=== GIVEN DATA ===
↓

//! The lines of a board: those of its view, and what stands before and after them.
ghost use Rattle.std.specs.Prelude.{◌≡◌, ◌-◌, ◌+◌};
ghost use Rattle.cuedesk.specs.Windows.{elsewhere_room};

use super::Board;
use crate::program::beside::{file_line, only, read_log, relay_line};
use crate::program::sign::REHEARSAL;
use cue_board::{Names, board_lines};
use cue_elsewhere::elsewhere_lines;
use cue_show_file::{Group, ShowFile};
use std::alloc::{AllocError, Global};
use std::fs::{File, Files};
use std::net::Net;
use std::time::Clock;

// What the numbers of a view are called, and which cues stand by together.
fn names_of<'n>(file: Option<&'n ShowFile>, together: &'n [Group], port: u16) -> Names<'n> {
    Names {
        file,
        together,
        port,
    }
}

// How many lines the view has in a window of so many rows, with so many other lines and a row for the cursor.
fn room_in(rows: u16, others: usize) -> usize
    ensures { result ≡ rows - (others + 1) }
{
    usize::from(rows).saturating_sub(1).saturating_sub(others)
}

// How many devices that stand elsewhere have room in a window: a quarter of its rows.
fn elsewhere_room(rows: Option<u16>) -> Option<usize>
    ensures { result ≡ elsewhere_room rows }
{
    match rows {
        Some(rows) => Some(usize::from(rows / 4)),
        None => None,
    }
}

impl<'a, R: Files<File = File> + Net + Clock + AllocGlobal> Board<'a, R> {
    // The last lines of the log, if one is shown.
    fn log_lines(&self) -> Result<Vec<String>, AllocError> {
        match self.log {
            Some(path) => read_log(self.rt, path),
            None => Ok(Vec::new(self.rt.alloc())),
        }
    }

    // That a rehearsal plays the devices, before all else, if one does.
    fn sign_lines(&self) -> Result<Vec<String>, AllocError> {
        let alloc = self.rt.alloc();
        if self.is_rehearsed {
            only(alloc, String::from_str(alloc, REHEARSAL)?)
        } else {
            Ok(Vec::new(alloc))
        }
    }

    // The devices that stand elsewhere than the stack supposes.
    fn elsewhere_lines(&self) -> Result<Vec<String>, AllocError> {
        let names = names_of(self.file.as_ref(), self.desk.together(), self.port);
        let room = elsewhere_room(self.rows);
        elsewhere_lines(self.rt.alloc(), self.desk.differences(), &names, room)
    }

    // The lines after those of the view: which devices stand elsewhere, what is told of the show file, and the log.
    fn other_lines(&self) -> Result<Vec<String>, AllocError> {
        let mut lines = self.elsewhere_lines()?;
        lines.append(&mut file_line(self.rt.alloc(), self.told.as_deref())?)?;
        lines.append(&mut self.log_lines()?)?;
        Ok(lines)
    }

    // The lines of the newest view, in the room that these others leave: after the sign, and before the others.
    fn lines_before(&self, others: &mut Vec<String>) -> Result<Vec<String>, AllocError> {
        let mut lines = self.sign_lines()?;
        let names = names_of(self.file.as_ref(), self.desk.together(), self.port);
        let room = match self.rows {
            Some(rows) => Some(room_in(rows, others.len().saturating_add(lines.len()))),
            None => None,
        };
        let mut shown = board_lines(self.rt.alloc(), self.desk.view(), &names, room)?;
        lines.append(&mut shown)?;
        lines.append(others)?;
        Ok(lines)
    }

    /// The lines of the newest view, and after them the others.
    pub(super) fn lines(&self) -> Result<Vec<String>, AllocError> {
        let mut others = self.other_lines()?;
        let lines = self.lines_before(&mut others);
        drop(others);
        lines
    }

    // Why there is nothing of a relay that is watched, if that is so.
    fn relay_lines(&self) -> Result<Vec<String>, AllocError> {
        match self.relay {
            Some(path) if self.desk.view().network.is_empty() => relay_line(self.rt, path),
            _ => Ok(Vec::new(self.rt.alloc())),
        }
    }

    // That serve says otherwise than the files, as it may while a change is under way, if that is so.
    fn differing_lines(&self) -> Result<Vec<String>, AllocError> {
        let (alloc, port) = (self.rt.alloc(), self.port);
        if !self.desk.view().differs {
            return Ok(Vec::new(alloc));
        }
        let line = format!(in alloc;
            "?      serve at port {port} says otherwise: a change is under way, or it has other files"
        )?;
        only(alloc, line)
    }

    /// The lines of a board that is printed once, with what only a second or five of looking would show.
    pub(super) fn all_lines(&self) -> Result<Vec<String>, AllocError> {
        let mut lines = self.lines()?;
        lines.append(&mut self.relay_lines()?)?;
        lines.append(&mut self.differing_lines()?)?;
        Ok(lines)
    }
}

/// The lines as one text.
pub(super) fn joined(alloc: Global, lines: &[String]) -> Result<String, AllocError> {
    let mut text = String::new(alloc);
    for line in lines {
        text.push_str(line.as_str())?;
        text.push_str("\n")?;
    }
    Ok(text)
}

↑

=== EXERCISE AIM ===
Only the lines from the beginning of the data above through the line containing "use std::time::Clock;" should be repeated, exactly as they appear.

=== TASK RESULT ===
//! The lines of a board: those of its view, and what stands before and after them.
ghost use Rattle.std.specs.Prelude.{◌≡◌, ◌-◌, ◌+◌};
ghost use Rattle.cuedesk.specs.Windows.{elsewhere_room};

use super::Board;
use crate::program::beside::{file_line, only, read_log, relay_line};
use crate::program::sign::REHEARSAL;
use cue_board::{Names, board_lines};
use cue_elsewhere::elsewhere_lines;
use cue_show_file::{Group, ShowFile};
use std::alloc::{AllocError, Global};
use std::fs::{File, Files};
use std::net::Net;
use std::time::Clock;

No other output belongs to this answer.